The passenger seat of Romley’s Tesla was warm and comfortable, and much as Gabe was afraid of Romley, part of him wanted the conversation to go on longer. It was cold out there and the cops were pissed that one of their own had been shot by a Judge. They were liable to take it out on anyone who crossed them.
A block ahead, the four cop cars parked at awkward angles in front of the main entrance to Mercy South Hospital were tinted orange by the setting winter sun.
Romley pursed his lips. “All Niño has to do is put an end to Officer Chaplin. Once that’s done, Chaplin’s colleagues will rebel against the Judges. That’ll give us time to recover our stock.”
Gabe’s phone buzzed in his pocket and he dug it out and flipped open the cover. “Aw man… That’s not going to happen now.” He glanced to the side: Romley was still staring straight ahead, towards the hospital, and as usual wasn’t showing any emotion. “Nodge says the Judges’ve already destroyed the stock. Piled it in the empty lot across from the factory and just torched it. Damn Judges work fast.”
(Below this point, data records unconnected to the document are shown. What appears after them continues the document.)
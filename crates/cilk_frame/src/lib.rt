//! Frames: where an instance of a procedure goes on, and what its variables hold.
//!
//! A frame has one owner, and there is no second frame of an instance. The compiler refuses each
//! of these functions, the first since a frame has no method `clone`, and the second since a frame
//! that was spent is no more:
//!
//! ```compile_fail unsupported-method
//! use cilk_frame::Frame;
//!
//! pub fn frame_is_cloned(frame: &Frame) -> Frame {
//!     frame.clone()
//! }
//! ```
//!
//! ```compile_fail borrow-e0382
//! use cilk_frame::Frame;
//!
//! pub fn used_after_finish(frame: Frame) -> u32 {
//!     frame.finish();
//!     frame.depth()
//! }
//! ```
//!
//! An image of a frame is plain data. It is no second frame, so the compiler refuses this function:
//!
//! ```compile_fail unknown-method
//! use cilk_frame::FrameImage;
//!
//! pub fn image_goes_on(image: &mut FrameImage) {
//!     image.go_on(1);
//! }
//! ```
#![tactic(auto)]

mod activation;
mod arguments;
mod awaited;
mod frame;
mod id;
mod image;
mod laws;
mod mixer;
mod path;
mod receiver;
mod trap_kind;
mod what;

pub use activation::Activation;
pub use arguments::Arguments;
pub use awaited::Await;
pub use cilk_load_nodes::{
    Action, Area, BinOp, Body, Code, CodeNode, LockAction, Memory, Slot, SlotPlace, Slots, Taker,
    Target, Trap, UnOp, Var,
};
pub use frame::Frame;
pub use id::Id;
pub use image::FrameImage;
pub use laws::{a_call_stands, a_start_stands, a_write_stands, an_action_stands, values_are_seen};
pub use mixer::Mixer;
pub use path::Path;
pub use receiver::Receiver;
pub use trap_kind::TrapKind;
pub use what::What;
“Yes. They do.” Romley tapped a rapid beat against the steering wheel with his thumbs. “All right… So in your judgement, Niño is not going to be able to go through with it?”
“I doubt it. He’s no killer, Mister Romley. I mean, not in cold blood like that.”
“Is he still using?”
Gabe hesitated long enough that there was no need to answer.
“I see. I thought so. My own fault for relying on an addict. I should have dealt with him sooner, but he had such good contacts…” More tapping on the steering wheel. “But he’s out of our reach now, and out of our control.”
Gabe’s phone buzzed again. “Aw hell no… Now the senior Judge is on the scene, along with Captain Witcombe. Niño’s got no chance now.” Another sidelong glance at Romley. “He’ll talk, or he’ll run. He’s not going to be able to stand up to them.”
GOLGOTHA
“Okay.” Romley continued to stare towards the hospital for a moment, then turned to Gabe. “Mister Nyby… Consider yourself promoted, on the grounds that you do me two small favours. You’re unlikely to be able to get to Niño, so forget about him. There are only three others in the organisation who know who I am. You, Francie Hamilton and Merrick Bergin.”
Gabe almost flinched at that last name. “Bergin’s one of yours? We’ve been in a low-level turf war with him for years!”
“I know.”
“Jesus. All the trouble that guy caused us. You know he offed three of—”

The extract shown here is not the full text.